Stored items:
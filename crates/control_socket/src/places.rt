//! Who has a place, and who makes room.
use server_rules::who_goes;
use std::sync::atomic::{AtomicBool, AtomicU64, Ordering};
use std::time::{Clock, Instant};

/// The most connections that are served at once.
pub const AT_ONCE: usize = 4;

/// The moment for an operator who is being answered: later than any other.
const ANSWERED: u64 = u64::MAX;

/// Measures milliseconds since the server began to listen at the socket.
#[derive(Drop)]
pub(crate) struct Stopwatch<'a, R: Clock> {
    rt: &'a R,
    start: Option<Instant>,
}

impl<'a, R: Clock> Stopwatch<'a, R> {
    pub fn new(rt: &'a R) -> Stopwatch<'a, R> {
        Stopwatch {
            rt,
            start: Instant::now(rt).ok(),
        }
    }

    pub fn now_ms(&self) -> u64 {
        let Some(start) = &self.start else {
            return 0;
        };
        match start.elapsed(self.rt) {
            Ok(elapsed) => u64::try_from(elapsed.as_millis()).unwrap_or(0),
            Err(_) => 0,
        }
    }
}

/// A place for a connection.
#[derive(Drop)]
pub(crate) struct Place {
    is_taken: AtomicBool,
    /// Since when its operator has been idle; `ANSWERED` while it is answered.
    idle_since_ms: AtomicU64,
    must_go: AtomicBool,
}

impl Place {
    fn new() -> Place {
        Place {
            is_taken: AtomicBool::new(false),
            idle_since_ms: AtomicU64::new(ANSWERED),
            must_go: AtomicBool::new(false),
        }
    }

    fn is_taken(&self) -> bool {
        self.is_taken.load(Ordering::SeqCst)
    }

    /// Gives the place to a connection that comes now.
    pub fn take(&self, now_ms: u64) {
        self.must_go.store(false, Ordering::SeqCst);
        self.idle_since_ms.store(now_ms, Ordering::SeqCst);
        self.is_taken.store(true, Ordering::SeqCst);
    }

    pub fn leave(&self) {
        self.is_taken.store(false, Ordering::SeqCst);
    }

    /// Notes that the operator is waited for: since now, if it was being answered.
    pub fn wait(&self, now_ms: u64) {
        if self.idle_since_ms.load(Ordering::SeqCst) == ANSWERED {
            self.idle_since_ms.store(now_ms, Ordering::SeqCst);
        }
    }

    /// Notes that the operator is being answered.
    pub fn answer(&self) {
        self.idle_since_ms.store(ANSWERED, Ordering::SeqCst);
    }

    /// Tests whether the connection should end for another.
    pub fn must_go(&self) -> bool {
        self.must_go.load(Ordering::SeqCst)
    }
}

/// Makes all places, none of them taken.
pub(crate) fn free_places() -> [Place; AT_ONCE] {
    [Place::new(), Place::new(), Place::new(), Place::new()]
}

/// Returns a place that nobody has.
pub(crate) fn free_place(places: &[Place; AT_ONCE]) -> Option<&Place> {
    places.iter().find(|place| !place.is_taken())
}

/// Ends the operator who has been idle longest, for one who came at that moment, once either has waited for a second.
pub(crate) fn make_room(places: &[Place; AT_ONCE], came_ms: u64, now_ms: u64) {
    let mut since_ms = [ANSWERED; AT_ONCE];
    for (since, place) in since_ms.iter_mut().zip(places.iter()) {
        *since = place.idle_since_ms.load(Ordering::SeqCst);
    }
    if let Some(at) = who_goes(&since_ms, came_ms, now_ms) {
        if let Some(place) = places.get(at) {
            place.must_go.store(true, Ordering::SeqCst);
        }
    }
}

PROBLEM STATEMENT:
An exact copy of the lines above, from the one containing "who makes room." through the one containing "pub fn leave(&self)", is the whole of the answer.

RESPONSE TO THIS TASK:
//! Who has a place, and who makes room.
use server_rules::who_goes;
use std::sync::atomic::{AtomicBool, AtomicU64, Ordering};
use std::time::{Clock, Instant};

/// The most connections that are served at once.
pub const AT_ONCE: usize = 4;

/// The moment for an operator who is being answered: later than any other.
const ANSWERED: u64 = u64::MAX;

/// Measures milliseconds since the server began to listen at the socket.
#[derive(Drop)]
pub(crate) struct Stopwatch<'a, R: Clock> {
    rt: &'a R,
    start: Option<Instant>,
}

impl<'a, R: Clock> Stopwatch<'a, R> {
    pub fn new(rt: &'a R) -> Stopwatch<'a, R> {
        Stopwatch {
            rt,
            start: Instant::now(rt).ok(),
        }
    }

    pub fn now_ms(&self) -> u64 {
        let Some(start) = &self.start else {
            return 0;
        };
        match start.elapsed(self.rt) {
            Ok(elapsed) => u64::try_from(elapsed.as_millis()).unwrap_or(0),
            Err(_) => 0,
        }
    }
}

/// A place for a connection.
#[derive(Drop)]
pub(crate) struct Place {
    is_taken: AtomicBool,
    /// Since when its operator has been idle; `ANSWERED` while it is answered.
    idle_since_ms: AtomicU64,
    must_go: AtomicBool,
}

impl Place {
    fn new() -> Place {
        Place {
            is_taken: AtomicBool::new(false),
            idle_since_ms: AtomicU64::new(ANSWERED),
            must_go: AtomicBool::new(false),
        }
    }

    fn is_taken(&self) -> bool {
        self.is_taken.load(Ordering::SeqCst)
    }

    /// Gives the place to a connection that comes now.
    pub fn take(&self, now_ms: u64) {
        self.must_go.store(false, Ordering::SeqCst);
        self.idle_since_ms.store(now_ms, Ordering::SeqCst);
        self.is_taken.store(true, Ordering::SeqCst);
    }

    pub fn leave(&self) {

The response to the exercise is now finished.